### [Task]
Write out exactly the lines from the one containing "if something is." through the last line of the records below, and no others.

### [Study material]
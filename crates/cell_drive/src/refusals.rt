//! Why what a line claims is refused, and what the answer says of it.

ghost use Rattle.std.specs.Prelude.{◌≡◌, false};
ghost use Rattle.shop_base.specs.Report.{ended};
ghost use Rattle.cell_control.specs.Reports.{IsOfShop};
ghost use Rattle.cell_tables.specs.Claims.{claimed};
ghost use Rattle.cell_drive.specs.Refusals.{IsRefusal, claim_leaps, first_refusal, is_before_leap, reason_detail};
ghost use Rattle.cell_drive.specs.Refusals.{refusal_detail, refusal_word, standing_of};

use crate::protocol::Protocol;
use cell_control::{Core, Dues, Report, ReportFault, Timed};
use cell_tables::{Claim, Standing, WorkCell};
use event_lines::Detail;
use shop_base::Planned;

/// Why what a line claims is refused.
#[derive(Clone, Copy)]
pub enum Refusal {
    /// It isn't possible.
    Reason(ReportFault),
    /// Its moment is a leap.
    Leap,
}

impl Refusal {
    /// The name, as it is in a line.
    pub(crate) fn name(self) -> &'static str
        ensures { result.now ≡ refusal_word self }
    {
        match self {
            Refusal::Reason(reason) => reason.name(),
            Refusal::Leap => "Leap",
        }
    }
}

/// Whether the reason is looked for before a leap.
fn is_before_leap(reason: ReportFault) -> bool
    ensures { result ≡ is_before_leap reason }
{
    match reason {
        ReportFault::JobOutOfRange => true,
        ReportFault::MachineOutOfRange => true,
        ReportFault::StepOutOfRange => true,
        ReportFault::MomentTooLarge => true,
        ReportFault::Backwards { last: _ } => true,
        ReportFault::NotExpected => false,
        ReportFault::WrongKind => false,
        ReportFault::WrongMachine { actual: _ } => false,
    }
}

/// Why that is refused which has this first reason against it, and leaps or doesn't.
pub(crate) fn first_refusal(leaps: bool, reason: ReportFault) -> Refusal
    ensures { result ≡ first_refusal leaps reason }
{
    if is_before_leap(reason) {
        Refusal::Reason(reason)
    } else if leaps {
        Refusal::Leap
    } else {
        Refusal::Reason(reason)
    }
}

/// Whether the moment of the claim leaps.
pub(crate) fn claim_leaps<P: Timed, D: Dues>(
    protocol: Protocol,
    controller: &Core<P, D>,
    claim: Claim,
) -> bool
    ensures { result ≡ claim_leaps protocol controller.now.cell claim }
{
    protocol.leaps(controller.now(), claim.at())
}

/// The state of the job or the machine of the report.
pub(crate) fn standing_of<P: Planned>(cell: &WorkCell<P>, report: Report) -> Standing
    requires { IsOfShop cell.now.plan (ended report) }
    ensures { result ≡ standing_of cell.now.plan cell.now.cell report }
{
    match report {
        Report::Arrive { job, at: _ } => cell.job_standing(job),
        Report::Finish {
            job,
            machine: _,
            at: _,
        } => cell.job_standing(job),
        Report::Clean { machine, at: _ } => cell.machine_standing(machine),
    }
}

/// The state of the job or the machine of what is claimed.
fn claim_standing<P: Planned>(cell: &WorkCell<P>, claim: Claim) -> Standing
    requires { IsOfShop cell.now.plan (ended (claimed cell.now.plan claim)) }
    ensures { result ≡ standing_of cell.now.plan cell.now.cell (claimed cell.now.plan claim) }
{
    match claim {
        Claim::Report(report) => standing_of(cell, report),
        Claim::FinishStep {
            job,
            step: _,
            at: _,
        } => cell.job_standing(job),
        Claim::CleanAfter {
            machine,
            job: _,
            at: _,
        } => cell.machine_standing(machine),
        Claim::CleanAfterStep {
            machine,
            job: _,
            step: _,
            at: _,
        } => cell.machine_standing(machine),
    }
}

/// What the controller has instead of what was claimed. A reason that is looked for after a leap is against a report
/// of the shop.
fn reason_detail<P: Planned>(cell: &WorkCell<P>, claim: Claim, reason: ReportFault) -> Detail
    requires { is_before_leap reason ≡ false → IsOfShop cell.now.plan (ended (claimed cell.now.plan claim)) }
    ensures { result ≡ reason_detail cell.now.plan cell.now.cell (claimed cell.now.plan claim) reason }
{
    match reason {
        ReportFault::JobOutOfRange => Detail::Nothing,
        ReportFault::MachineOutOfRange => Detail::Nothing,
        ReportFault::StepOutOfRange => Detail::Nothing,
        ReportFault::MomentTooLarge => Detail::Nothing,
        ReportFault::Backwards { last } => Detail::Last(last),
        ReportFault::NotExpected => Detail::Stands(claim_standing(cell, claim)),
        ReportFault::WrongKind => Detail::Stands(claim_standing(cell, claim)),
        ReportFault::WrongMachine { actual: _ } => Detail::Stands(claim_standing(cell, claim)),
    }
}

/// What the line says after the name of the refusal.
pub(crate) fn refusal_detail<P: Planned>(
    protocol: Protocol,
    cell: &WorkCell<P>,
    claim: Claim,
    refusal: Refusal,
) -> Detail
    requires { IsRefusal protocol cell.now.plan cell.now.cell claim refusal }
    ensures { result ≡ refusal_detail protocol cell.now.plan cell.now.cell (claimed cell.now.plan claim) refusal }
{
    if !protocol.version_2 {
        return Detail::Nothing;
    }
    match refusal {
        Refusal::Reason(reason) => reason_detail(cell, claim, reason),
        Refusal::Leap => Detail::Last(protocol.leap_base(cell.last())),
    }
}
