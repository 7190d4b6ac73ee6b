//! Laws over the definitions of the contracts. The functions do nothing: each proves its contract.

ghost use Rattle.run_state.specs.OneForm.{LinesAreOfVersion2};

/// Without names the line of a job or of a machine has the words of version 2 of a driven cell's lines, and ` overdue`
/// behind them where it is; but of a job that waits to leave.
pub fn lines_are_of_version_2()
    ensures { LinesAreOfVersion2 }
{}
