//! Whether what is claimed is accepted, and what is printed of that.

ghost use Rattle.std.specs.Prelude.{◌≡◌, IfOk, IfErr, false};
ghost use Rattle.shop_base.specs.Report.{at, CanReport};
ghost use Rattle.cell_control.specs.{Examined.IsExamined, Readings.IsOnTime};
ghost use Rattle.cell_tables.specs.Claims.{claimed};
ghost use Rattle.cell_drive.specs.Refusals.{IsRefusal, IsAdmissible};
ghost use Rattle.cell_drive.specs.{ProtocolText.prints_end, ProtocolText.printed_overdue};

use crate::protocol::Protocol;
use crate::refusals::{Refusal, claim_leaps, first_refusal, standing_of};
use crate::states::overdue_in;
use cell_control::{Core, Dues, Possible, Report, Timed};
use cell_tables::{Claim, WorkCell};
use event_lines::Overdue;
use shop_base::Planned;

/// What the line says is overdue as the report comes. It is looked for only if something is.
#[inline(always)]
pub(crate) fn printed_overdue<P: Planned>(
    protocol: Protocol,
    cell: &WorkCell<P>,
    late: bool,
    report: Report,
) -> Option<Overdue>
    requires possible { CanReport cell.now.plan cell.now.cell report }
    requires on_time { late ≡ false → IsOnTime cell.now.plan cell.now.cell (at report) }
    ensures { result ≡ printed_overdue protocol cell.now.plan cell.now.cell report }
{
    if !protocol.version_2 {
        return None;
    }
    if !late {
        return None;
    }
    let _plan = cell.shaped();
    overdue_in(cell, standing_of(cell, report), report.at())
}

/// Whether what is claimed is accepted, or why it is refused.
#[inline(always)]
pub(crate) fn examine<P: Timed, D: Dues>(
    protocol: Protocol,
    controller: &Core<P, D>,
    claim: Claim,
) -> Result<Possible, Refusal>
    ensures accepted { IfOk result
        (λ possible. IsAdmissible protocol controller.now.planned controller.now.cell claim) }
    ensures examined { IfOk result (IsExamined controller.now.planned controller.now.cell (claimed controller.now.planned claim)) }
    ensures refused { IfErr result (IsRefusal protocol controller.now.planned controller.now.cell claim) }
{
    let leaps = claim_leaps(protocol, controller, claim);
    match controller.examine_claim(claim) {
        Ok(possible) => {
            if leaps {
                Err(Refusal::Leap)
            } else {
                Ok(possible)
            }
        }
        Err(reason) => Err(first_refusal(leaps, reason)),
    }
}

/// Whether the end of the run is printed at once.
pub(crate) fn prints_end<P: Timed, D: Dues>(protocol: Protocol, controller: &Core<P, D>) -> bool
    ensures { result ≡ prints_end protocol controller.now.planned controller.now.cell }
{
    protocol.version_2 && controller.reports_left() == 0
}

### [Task solution]
/// What the line says is overdue as the report comes. It is looked for only if something is.
#[inline(always)]
pub(crate) fn printed_overdue<P: Planned>(
    protocol: Protocol,
    cell: &WorkCell<P>,
    late: bool,
    report: Report,
) -> Option<Overdue>
    requires possible { CanReport cell.now.plan cell.now.cell report }
    requires on_time { late ≡ false → IsOnTime cell.now.plan cell.now.cell (at report) }
    ensures { result ≡ printed_overdue protocol cell.now.plan cell.now.cell report }
{
    if !protocol.version_2 {
        return None;
    }
    if !late {
        return None;
    }
    let _plan = cell.shaped();
    overdue_in(cell, standing_of(cell, report), report.at())
}

/// Whether what is claimed is accepted, or why it is refused.
#[inline(always)]
pub(crate) fn examine<P: Timed, D: Dues>(
    protocol: Protocol,
    controller: &Core<P, D>,
    claim: Claim,
) -> Result<Possible, Refusal>
    ensures accepted { IfOk result
        (λ possible. IsAdmissible protocol controller.now.planned controller.now.cell claim) }
    ensures examined { IfOk result (IsExamined controller.now.planned controller.now.cell (claimed controller.now.planned claim)) }
    ensures refused { IfErr result (IsRefusal protocol controller.now.planned controller.now.cell claim) }
{
    let leaps = claim_leaps(protocol, controller, claim);
    match controller.examine_claim(claim) {
        Ok(possible) => {
            if leaps {
                Err(Refusal::Leap)
            } else {
                Ok(possible)
            }
        }
        Err(reason) => Err(first_refusal(leaps, reason)),
    }
}

/// Whether the end of the run is printed at once.
pub(crate) fn prints_end<P: Timed, D: Dues>(protocol: Protocol, controller: &Core<P, D>) -> bool
    ensures { result ≡ prints_end protocol controller.now.planned controller.now.cell }
{
    protocol.version_2 && controller.reports_left() == 0
}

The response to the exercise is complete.